Tu umieszczamy tematy dotyczące łuszczycy w ujęciu ogólnym, czyli zwykle nie pasujące do innych działów.
 Basieńka44
#6505
clobex to szampon ze sterydem to i nic dziwnego że pomógł i to pewnie szybko.
 lgas
#8233
Też jestem użytkownikiem Clobexu chwaląc go sobie i nie rozumiem tej nagonki na sterydowe szampony, jak jest potrzeba szybkiego efektu to są idealne
 euterpe
#8236
Też uważam że steryd to nic strasznego. Są choroby gdzie ludzie przyjmują je nawet doustnie miesiącami i nie ma większych komplikacji. Wolę przez krótki czas stosować sterydy niż kosmetyki z nadzieją na poprawę. Do tego dziegieć może mieć działanie rakotwórcze więc też nie jest całkiem bezpieczny.
 Basieńka44
#8238
Oczywiście że steryd jest super :D :D :D
po za tym że ścieńcza naskórek,prowadzi do depresji uszkadza nadnercza..................................... to super szybko działa jeszcze szybciej następuje następny wysyp do nieopanowania nie to co po dziegciach prawda :D :D :D :D
 euterpe
#8240
Basieńka44 pisze:Oczywiście że steryd jest super :D :D :D
po za tym że ścieńcza naskórek,prowadzi do depresji uszkadza nadnercza..................................... to super szybko działa jeszcze szybciej następuje następny wysyp do nieopanowania nie to co po dziegciach prawda :D :D :D :D
Wszystkie skutki uboczne są po długim i niewłaściwym stosowaniu. Jeśli chodzi o depresję i nadnercza to praktycznie niemożliwe przy normalnym stosowaniu. Nawroty są tak czy siak obojętnie czy po dziegciach czy po sterydach bo leczenie skóry to leczenie objawowe i w ogóle nie wpływa na przyczyny choroby. Kiedy nie mam potrzeby to się nie leczę, kiedy chcę lepiej wyglądać sięgam po steryd. Na razie mam dość krótką przygodę z Ł i zobaczymy co będzie dalej.
Awatar użytkownika
 szater
#8242
Kazdy z nas ma jakies doswiadczenia,niekoniecznie nasze spojrzenie musi pasowac innym.Sprawa sterydów juz wielokrotnie była wałkowana...sa dla ludzi.Dziegcie zostały też z jakiegos powodu wycofane...zreszta nie ma leku bez skutkow ubocznych cokolwiek by to miało byc.Rozsadkowe podejscie do leczenia jest najlepszym wyjsciem.Choruje przeszlo 40 lat,róznosci stosowałam ,czasami gdy była taka potrzeba to i wspomagałam sie sterydem...nigdy nie miałam wysypu posterydowego jak rowniez scienionego naskórka,wiec to pewnie nie do konca tez tak jest ze kazdy to musi miec.Na temat szamponów sie nie wypowiadam bo jakoby w tym temacie nie mam doswiadczenia.Co do leczenia sterydami doustnie to juz niestety inna bajka...tu wogóle nie da sie zastapic koniecznych sterydów ziołami ani przy łzs ani przy chorobach tarczycy. :D
Awatar użytkownika
 henia
#8244
Dla pełnej jasności: rozmawiamy tu o stanie
euterpe pisze:.... Kiedy nie mam potrzeby to się nie leczę, kiedy chcę lepiej wyglądać sięgam po steryd.
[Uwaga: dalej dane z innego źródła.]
// A sync frame measured (document 01, "Clock").
//
// Entry: `measure` on a clock state, a slot status and two times. It takes whatever comes and gives an answer and a clock state.
#![tactic(auto)]

ghost use Rattle.std.specs.Prelude.{◌≡◌};
ghost use Rattle.base_types.specs.Microtick.{held};
ghost use Rattle.measuring.specs.Measuring.{number_of, sync_frame, delay_on, deviation_by, measurement_with, FrameSays, MeasureSays};

use base_types::{Channel, Microtick, SignedMicrotick};
use clock::Clock;
use header::Header;
use refusal::{Answered, Refusal};
use settings::{Field, Settings};
use slot::Status;
use sync_list::Measurement;

// Why a frame is not measured.
#[derive(Clone, Copy)]
pub enum MeasureRefusal {
    NotSound,
    NoCycleOpen,
    TimeTooHigh,
    NoSyncFrame,
    OtherCycle,
    MeasuredAlready,
    ListFull,
}

impl Refusal for MeasureRefusal {
    ghost number_of = { number_of };

    fn number(self) -> u8 {
        match self {
            MeasureRefusal::NotSound => 23,
            MeasureRefusal::NoCycleOpen => 18,
            MeasureRefusal::TimeTooHigh => 14,
            MeasureRefusal::NoSyncFrame => 20,
            MeasureRefusal::OtherCycle => 22,
            MeasureRefusal::MeasuredAlready => 16,
            MeasureRefusal::ListFull => 15,
        }
    }
}

// Measures the frame that a slot kept, by the time at which it was observed and the action point at which it was expected, both by one
// counter. It may run on through an odd cycle: only their difference counts. With a refusal the state is the one handed in.
#[tactic(auto, unfolding(refusal::specs::Refusal::first))]
pub fn measure(
    clock: Clock,
    status: Status,
    observed: Microtick,
    action_point: Microtick,
) -> Answered<SignedMicrotick, MeasureRefusal, Clock>
    ensures { MeasureSays clock status observed action_point result }
{
    match frame_to_measure(clock, status, observed, action_point) {
        Ok(frame) => {
            let cycle = clock.current_cycle();
            let list = clock.list_of(cycle);
            let measurement = measurement_by(clock, status, observed, action_point);
            let next = list.with(frame.id, status.channel, measurement);
            Answered::accepted(measurement.deviation, clock.with_list(cycle, next))
        }
        Err(refusal) => Answered::refused(refusal, clock),
    }
}

// The frame that is measured. The tests come in 01's order. (No clock state is returned here: it is large, and each return copies it, DECISIONS 203.)
#[tactic(auto, unfolding(refusal::specs::Refusal::first))]
fn frame_to_measure(
    clock: Clock,
    status: Status,
    observed: Microtick,
    action_point: Microtick,
) -> Result<Header, MeasureRefusal>
    ensures { FrameSays clock status observed action_point result }
{
    if !clock::is_sound(clock) || !slot::is_sound(status) {
        return Err(MeasureRefusal::NotSound);
    }
    let cycle = clock.opened.ok_or(MeasureRefusal::NoCycleOpen)?;
    if observed.is_above_limit() || action_point.is_above_limit() {
        return Err(MeasureRefusal::TimeTooHigh);
    }
    let frame = sync_frame(status).ok_or(MeasureRefusal::NoSyncFrame)?;
    let list = clock.list_of(cycle);
    // Both are worked out before either is told: a build that tries them the other way round then differs in the order alone, and it is
    // the order that it is refused for.
    let is_other = frame.cycle != cycle;
    let is_measured = list.has(frame.id, status.channel);
    if is_other {
        return Err(MeasureRefusal::OtherCycle);
    }
    if is_measured {
        return Err(MeasureRefusal::MeasuredAlready);
    }
    if list.is_full_for(clock.settings.get(Field::SyncIdLimit), frame.id) {
        return Err(MeasureRefusal::ListFull);
    }
    Ok(frame)
}

// The frame that a status keeps, where it is a sync frame of a static slot. Any other status is refusal 20.
fn sync_frame(status: Status) -> Option<Header>
    ensures { result ≡ sync_frame status }
{
    let frame = status.kept?;
    if frame.sync && slot::is_static(status) {
        return Some(frame);
    }
    None
}

// The deviation, by the clock's settings and the status's channel.
fn deviation_by(
    clock: Clock,
    status: Status,
    observed: Microtick,
    action_point: Microtick,
) -> SignedMicrotick
    ensures { result.0 ≡ held (deviation_by clock status observed action_point) }
{
    let settings = clock.settings;
    let delay = delay_on(status.channel, settings);
    correction::deviation(
        observed,
        settings.get(Field::DecodingCorrection),
        delay,
        action_point,
    )
}

// The measurement that is listed, by the same; its mark is that of the clock's settings.
fn measurement_by(
    clock: Clock,
    status: Status,
    observed: Microtick,
    action_point: Microtick,
) -> Measurement
    ensures { result ≡ measurement_with held clock.settings status observed action_point }
{
    Measurement {
        deviation: deviation_by(clock, status, observed, action_point),
        mark: clock.settings.mark,
    }
}

fn delay_on(channel: Channel, settings: Settings) -> u32
    ensures { result ≡ delay_on channel settings }
{
    match channel {
        Channel::A => settings.get(Field::DelayA),
        Channel::B => settings.get(Field::DelayB),
    }
}
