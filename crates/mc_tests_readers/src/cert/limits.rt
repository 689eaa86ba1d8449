//! Certificates that are one byte too long. The program takes no such file.

use super::network::{NETWORK, VERSION_ONE, VERSION_TWO};
use crate::topology::lookups::with_topology;
use mc_cert::*;
use mc_topology::Topology;
use std::alloc::{AllocError, Global};
use std::test::Fail;

/// A certificate, and spaces after it up to one byte too many.
fn too_long(alloc: Global, certificate: &str) -> Result<Vec<u8>, AllocError> {
    let mut text = Vec::with_capacity(alloc, 16_777_217)?;
    text.extend_from_slice(certificate.as_bytes())?;
    text.resize(16_777_217, b' ')?;
    Ok(text)
}

/// Whether a text has too many bytes for a certificate of this topology.
fn is_refused_for_topology(alloc: Global, topology: &Topology, text: &[u8]) -> bool {
    let fault = CertFault {
        place: At::Top,
        kind: CertFaultKind::TooMany,
    };
    Certificate::read(alloc, text, topology).err() == Some(fault)
}

/// The same for the topology of NETWORK.
fn is_refused(alloc: Global, text: &[u8]) -> bool {
    let found = with_topology(alloc, NETWORK.as_bytes(), |topology| {
        is_refused_for_topology(alloc, topology, text)
    });
    matches!(found, Ok(true))
}

#[test]
fn oversized_certificates_are_refused(rt: HostRuntime) -> Result<(), Fail> {
    for certificate in [VERSION_ONE, VERSION_TWO] {
        let text = too_long(rt.alloc(), certificate)?;
        assert!(rt; is_refused(rt.alloc(), &text));
    }
    Ok(())
}
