//! Lack of memory: a certificate is written, and written again if memory runs out. `rt try --test
//! --fail-alloc N` refuses the Nth growth.

ghost use Rattle.mc_cert.specs.Certificate.{BelongsTo};

use super::network::TWO_FLOWS;
use crate::topology::lookups::with_topology;
use mc_cert::laws::denoted_certificate_belongs_to_topology;
use mc_cert::*;
use mc_text::Memory;
use mc_topology::Topology;
use std::alloc::Global;
use std::test::Fail;

/// A certificate of two flows, each with a tree of its own.
const TEXT: &str = concat!(
    r#"{"flows":[{"group":"239.1.2.3","source":"10.0.0.5","tree":0},"#,
    r#"{"group":"239.1.2.4","source":"10.0.0.5","tree":1}],"#,
    r#""trees":[[{"lan":"l0","need":1,"rank":0},{"lan":"l2","need":255,"rank":255,"router":"r2","vif":31}],"#,
    r#"[{"lan":"l0","need":1,"rank":0}]],"version":2}"#
);

/// Whether the certificate is written as TEXT, by a second call if memory runs out.
fn is_written_with_retry(
    alloc: Global,
    topology: &Topology,
    certificate: &Certificate,
) -> Result<bool, Memory>
    requires { BelongsTo topology.now certificate.now }
{
    match certificate.to_json(alloc, topology) {
        Ok(text) => Ok(text.as_str() == TEXT),
        Err(Memory) => Ok(certificate.to_json(alloc, topology)?.as_str() == TEXT),
    }
}

/// The same for the certificate that TEXT denotes.
fn is_rewritten(alloc: Global, topology: &Topology) -> Result<bool, Fail> {
    denoted_certificate_belongs_to_topology();
    match Certificate::read(alloc, TEXT.as_bytes(), topology) {
        Ok(certificate) => Ok(is_written_with_retry(alloc, topology, &certificate)?),
        Err(fault) => Err(fault.into()),
    }
}

#[test]
fn certificate_is_written_after_a_refused_growth(rt: HostRuntime) -> Result<(), Fail> {
    let alloc = rt.alloc();
    let found = with_topology(alloc, TWO_FLOWS.as_bytes(), |topology| {
        is_rewritten(alloc, topology)
    })?;
    assert!(rt; found?);
    Ok(())
}
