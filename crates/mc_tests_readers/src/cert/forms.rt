//! Certificates that are not in the form that they are written in: with white space, with keys in other
//! orders or twice, and with escapes.

use super::network::{NETWORK, TWO_FLOWS};
use super::written::check_blocks;

/// Certificates of NETWORK: of each block a comment, a text, and how its certificate is written.
const OF_ONE_FLOW: &str = r#"# white space between all tokens, in version 1
 { "flows" : [ { "group" : "239.1.2.3" , "reached" : [ { "lan" : "l0" , "need" : 1 , "rank" : 0 } , {  "lan":"l1",  "need":2, "rank":1, "router":"r1", "vif":1 } ] , "source" : "10.0.0.5" } ] , "version" : 1 }  
{"flows":[{"group":"239.1.2.3","source":"10.0.0.5","tree":0}],"trees":[[{"lan":"l0","need":1,"rank":0},{"lan":"l1","need":2,"rank":1,"router":"r1","vif":1}]],"version":2}

# white space between all tokens, in version 2
  { "flows" : [ { "group" : "239.1.2.3" , "source" : "10.0.0.5" , "tree" : 0 } ] , "trees" : [ [ { "lan" : "l0" , "need" : 1 , "rank" : 0 } ] ] , "version" : 2 } 
{"flows":[{"group":"239.1.2.3","source":"10.0.0.5","tree":0}],"trees":[[{"lan":"l0","need":1,"rank":0}]],"version":2}

# the keys of version 1 in another order
{"version":1,"flows":[{"source":"10.0.0.5","reached":[{"vif":31,"router":"r2","rank":255,"need":254,"lan":"l2"}],"group":"239.1.2.3"}]}
{"flows":[{"group":"239.1.2.3","source":"10.0.0.5","tree":0}],"trees":[[{"lan":"l2","need":254,"rank":255,"router":"r2","vif":31}]],"version":2}

# the keys of version 2 in another order
{"version":2,"trees":[[{"vif":0,"router":"r1","rank":0,"need":255,"lan":"l1"}]],"flows":[{"tree":0,"source":"10.0.0.5","group":"239.1.2.3"}]}
{"flows":[{"group":"239.1.2.3","source":"10.0.0.5","tree":0}],"trees":[[{"lan":"l1","need":255,"rank":0,"router":"r1","vif":0}]],"version":2}

# of an entry's keys that come twice the last ones count
{"flows":[{"group":"239.1.2.3","source":"10.0.0.5","tree":0}],"trees":[[{"lan":"l0","need":9,"lan":"l1","rank":0,"router":"r2","vif":1,"need":1,"rank":3,"vif":2,"router":"r1"}]],"version":2}
{"flows":[{"group":"239.1.2.3","source":"10.0.0.5","tree":0}],"trees":[[{"lan":"l1","need":1,"rank":3,"router":"r1","vif":2}]],"version":2}

# of a flow's keys that come twice the last ones count
{"flows":[{"group":"239.1.2.9","reached":[{"lan":"l0","need":1,"rank":0}],"source":"10.0.0.9","reached":[],"source":"10.0.0.5","group":"239.1.2.3"}],"version":1}
{"flows":[{"group":"239.1.2.3","source":"10.0.0.5","tree":0}],"trees":[[]],"version":2}

# of the keys that come twice in the whole the last ones count
{"trees":[],"version":2,"flows":[{"group":"239.1.2.3","source":"10.0.0.5","tree":1}],"trees":[[]],"flows":[{"group":"239.1.2.3","source":"10.0.0.5","tree":0}],"version":2}
{"flows":[{"group":"239.1.2.3","source":"10.0.0.5","tree":0}],"trees":[[]],"version":2}

# an earlier value of a key may be anything
{"version":"no","flows":[{"group":[],"source":"10.0.0.5","tree":-1.5e3,"tree":0,"group":"239.1.2.3"}],"trees":{"a":[null]},"trees":[[{"lan":5,"lan":"l0","need":0,"need":1,"rank":0}]],"version":2}
{"flows":[{"group":"239.1.2.3","source":"10.0.0.5","tree":0}],"trees":[[{"lan":"l0","need":1,"rank":0}]],"version":2}

# escapes in keys and texts
{"\u0066lows":[{"gro\u0075p":"239.1.2.\u0033","source":"\u00310.0.0.5","tree":0}],"trees":[[{"l\u0061n":"\u006c0","need":1,"rank":0}]],"versio\u006e":2}
{"flows":[{"group":"239.1.2.3","source":"10.0.0.5","tree":0}],"trees":[[{"lan":"l0","need":1,"rank":0}]],"version":2}"#;

/// The same for TWO_FLOWS.
const OF_TWO_FLOWS: &str = r#"# trees before the flows that name them
{"trees":[[],[{"lan":"l0","need":1,"rank":0}]],"flows":[{"group":"239.1.2.3","source":"10.0.0.5","tree":1},{"group":"239.1.2.4","source":"10.0.0.5","tree":0}],"version":2}
{"flows":[{"group":"239.1.2.3","source":"10.0.0.5","tree":0},{"group":"239.1.2.4","source":"10.0.0.5","tree":1}],"trees":[[{"lan":"l0","need":1,"rank":0}],[]],"version":2}

# each flow's own entries, behind a space
 {"flows":[{"group":"239.1.2.3","reached":[],"source":"10.0.0.5"},{"group":"239.1.2.4","reached":[{"lan":"l0","need":1,"rank":0}],"source":"10.0.0.5"}],"version":1}
{"flows":[{"group":"239.1.2.3","source":"10.0.0.5","tree":0},{"group":"239.1.2.4","source":"10.0.0.5","tree":1}],"trees":[[],[{"lan":"l0","need":1,"rank":0}]],"version":2}"#;

#[test]
fn certificates_are_read_in_any_form(rt: HostRuntime) {
    check_blocks(&rt, rt.alloc(), NETWORK, OF_ONE_FLOW);
    check_blocks(&rt, rt.alloc(), TWO_FLOWS, OF_TWO_FLOWS);
}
euterpe pisze:... Jeśli chodzi o depresję i nadnercza to praktycznie niemożliwe przy normalnym stosowaniu.
Będę dyskutowała: skąd Twoja pewność, że niemożliwe? Znasz granice Swojego organizmu pod tym względem? A może znasz jakieś dane z badań w tym zakresie? bo jakby zalecenia/ostrzeżenia z ulotek z preparatów sterydowych, mówią o czymś zupełnie innym.
euterpe pisze:... Nawroty są tak czy siak obojętnie czy po dziegciach czy po sterydach...
Czym i w jaki sposób leczyłeś się dotychczas, że z taka stanowczością, i pewnością, podajesz tu Swoją opinię w tym względzie? Poproszę o własne doświadczenia albo chociaż dane z badań medycznych, jeżeli takowe posiadasz, to tak na poparcie Twoich tez. Pozdrawiam
Awatar użytkownika
 Gosiaczek68
#8245
Kod: Zaznacz cały
Nawroty są tak czy siak obojętnie czy po dziegciach czy po sterydach 

Całe lata leczyłam sie zewnętrznie sterydami różnymi... głównie silna artyleria. Nie wiem co to jest wysyp posterydowy, nie miałam lub nie wiem że to było to. :P Przy leczeniu sterydami było okropnie, ł wracała ze zdwojoną siłą. ;( Zaleczyłam małą plamke, wracała juz nie mała tylko wieksza i jeszcze większa aż zajęła całe piszczele, a małe niedoleczone zmiany rozrastały sie w porażająco.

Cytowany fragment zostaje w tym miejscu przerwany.